**TASK TO COMPLETE:** In the data that follows, count every line holding the string "buffer" and give the count alone.

****

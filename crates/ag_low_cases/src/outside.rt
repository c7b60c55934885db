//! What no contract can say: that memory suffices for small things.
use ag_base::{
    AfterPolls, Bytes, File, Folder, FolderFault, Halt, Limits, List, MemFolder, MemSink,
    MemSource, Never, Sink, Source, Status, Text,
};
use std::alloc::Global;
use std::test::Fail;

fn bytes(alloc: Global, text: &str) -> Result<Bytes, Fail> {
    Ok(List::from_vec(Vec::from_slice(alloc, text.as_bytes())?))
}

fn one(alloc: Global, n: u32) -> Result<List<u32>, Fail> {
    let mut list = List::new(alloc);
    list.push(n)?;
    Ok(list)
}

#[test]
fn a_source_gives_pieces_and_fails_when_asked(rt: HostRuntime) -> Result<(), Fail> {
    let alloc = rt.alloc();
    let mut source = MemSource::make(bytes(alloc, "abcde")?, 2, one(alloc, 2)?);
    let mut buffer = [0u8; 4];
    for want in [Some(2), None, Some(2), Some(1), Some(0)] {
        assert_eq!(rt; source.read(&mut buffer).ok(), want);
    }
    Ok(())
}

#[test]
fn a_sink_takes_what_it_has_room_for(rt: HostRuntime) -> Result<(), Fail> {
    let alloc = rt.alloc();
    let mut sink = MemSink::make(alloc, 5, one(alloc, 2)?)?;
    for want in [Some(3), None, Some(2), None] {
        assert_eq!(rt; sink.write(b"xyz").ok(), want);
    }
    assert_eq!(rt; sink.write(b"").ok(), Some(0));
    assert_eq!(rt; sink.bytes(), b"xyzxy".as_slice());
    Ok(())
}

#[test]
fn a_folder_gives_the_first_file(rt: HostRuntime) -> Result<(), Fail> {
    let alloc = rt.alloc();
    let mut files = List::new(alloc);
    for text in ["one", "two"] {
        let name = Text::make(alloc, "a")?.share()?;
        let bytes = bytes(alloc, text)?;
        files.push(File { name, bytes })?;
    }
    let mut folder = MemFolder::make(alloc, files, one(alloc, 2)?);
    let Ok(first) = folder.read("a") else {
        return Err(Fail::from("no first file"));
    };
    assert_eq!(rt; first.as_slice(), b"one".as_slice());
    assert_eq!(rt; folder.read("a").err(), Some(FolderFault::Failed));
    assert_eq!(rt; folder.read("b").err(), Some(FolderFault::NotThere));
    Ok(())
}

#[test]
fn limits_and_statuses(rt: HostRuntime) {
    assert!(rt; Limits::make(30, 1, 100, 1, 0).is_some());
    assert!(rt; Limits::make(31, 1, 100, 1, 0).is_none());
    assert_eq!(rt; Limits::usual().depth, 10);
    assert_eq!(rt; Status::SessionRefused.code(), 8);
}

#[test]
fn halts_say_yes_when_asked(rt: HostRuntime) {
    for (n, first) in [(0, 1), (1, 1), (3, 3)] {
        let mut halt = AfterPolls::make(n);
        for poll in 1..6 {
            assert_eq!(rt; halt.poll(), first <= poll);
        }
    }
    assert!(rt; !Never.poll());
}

****

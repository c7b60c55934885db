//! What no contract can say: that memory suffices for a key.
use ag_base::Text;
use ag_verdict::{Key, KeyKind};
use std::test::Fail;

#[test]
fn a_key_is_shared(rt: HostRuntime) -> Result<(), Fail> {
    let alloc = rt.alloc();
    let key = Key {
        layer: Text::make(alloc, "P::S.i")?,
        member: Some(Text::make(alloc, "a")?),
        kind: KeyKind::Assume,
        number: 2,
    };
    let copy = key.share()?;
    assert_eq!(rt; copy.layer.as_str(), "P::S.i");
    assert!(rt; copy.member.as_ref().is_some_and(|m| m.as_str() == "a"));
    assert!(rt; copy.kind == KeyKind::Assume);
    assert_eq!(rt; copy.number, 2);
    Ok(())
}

****

**TASK RESPONSE:** 2